NOTES TO CONSOLIDATED FINANCIAL STATEMENTS (Unaudited)
March 31, 2001

1.   Basis of Presentation

      Administaff, Inc. (“the Company”) is a professional employer organization (“PEO”) that provides a comprehensive Personnel Management System that encompasses a broad range of services, including benefits and payroll administration, medical and workers’ compensation insurance programs, personnel records management, employer liability management, employee recruiting and selection, performance management, and training and development services to small and medium-sized businesses in strategically selected markets. For the three months ended March 31, 2001 and 2000, revenues from the Company’s Texas markets represented 46% and 53% of the Company’s total revenues, respectively.

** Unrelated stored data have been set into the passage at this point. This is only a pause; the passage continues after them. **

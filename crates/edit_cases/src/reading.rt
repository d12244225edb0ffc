// What the cells of a row say.
ghost use Rattle.std.specs.Prelude.{◌≤◌, ◌<◌, IfOk, unsigned_abs};
ghost use Rattle.geda_geom.specs.Placing.{IsOnSheet};

use case_tables::{CaseFault, bytes_of, text_in};
use geda_geom::Point;
use geda_model::Object;
use geda_read::{ReadFault, read_object};
use geda_write::object_text;
use std::alloc::Global;

/// What was read of bytes.
pub fn read<T: Drop>(read: Result<T, ReadFault>) -> Result<T, CaseFault> {
    match read {
        Ok(value) => Ok(value),
        Err(ReadFault::At { .. }) => Err(CaseFault::BadCase),
        Err(ReadFault::NoMemory) => Err(CaseFault::NoMemory),
    }
}

/// The object of a cell.
pub fn object_of(alloc: Global, cell: &str) -> Result<Object, CaseFault> {
    let bytes = bytes_of(alloc, cell)?;
    read(read_object(alloc, bytes.as_slice()))
}

/// The canonical text of an object, without its last line feed.
pub fn object_line(alloc: Global, object: &Object) -> Result<String, CaseFault> {
    let text = object_text(alloc, object)?;
    let text = text.as_slice();
    text_in(alloc, text.strip_suffix(b"\n").unwrap_or(text))
}

/// The same of an object that then goes away.
pub fn last_line(alloc: Global, object: Object) -> Result<String, CaseFault> {
    let line = object_line(alloc, &object);
    drop(object);
    line
}

/// A number that is at most so far from 0.
pub fn whole(word: Option<&str>, most: u32) -> Result<i32, CaseFault>
    ensures { IfOk result (λ number. unsigned_abs number ≤ most) }
{
    let word = word.ok_or(CaseFault::BadCase)?;
    let Ok(number) = word.parse::<i32>() else {
        return Err(CaseFault::BadCase);
    };
    if number.unsigned_abs() > most {
        return Err(CaseFault::BadCase);
    }
    Ok(number)
}

/// A point of the sheet.
pub fn point(x: Option<&str>, y: Option<&str>) -> Result<Point, CaseFault>
    ensures { IfOk result IsOnSheet }
{
    let x = whole(x, 200000)?;
    let y = whole(y, 200000)?;
    Ok(Point { x, y })
}

/// A number of right angles.
pub fn quarter(word: Option<&str>) -> Result<u8, CaseFault>
    ensures { IfOk result (λ quarter. quarter < 4) }
{
    match word {
        Some("0") => Ok(0),
        Some("1") => Ok(1),
        Some("2") => Ok(2),
        Some("3") => Ok(3),
        _ => Err(CaseFault::BadCase),
    }
}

      The consolidated financial statements include the accounts of the Company and its wholly owned subsidiaries. Intercompany accounts and transactions have been eliminated in consolidation.

      The preparation of financial statements in conformity with generally accepted accounting principles requires management to make estimates and assumptions that affect the amounts reported in the financial statements and accompanying notes. Actual results could differ from those estimates.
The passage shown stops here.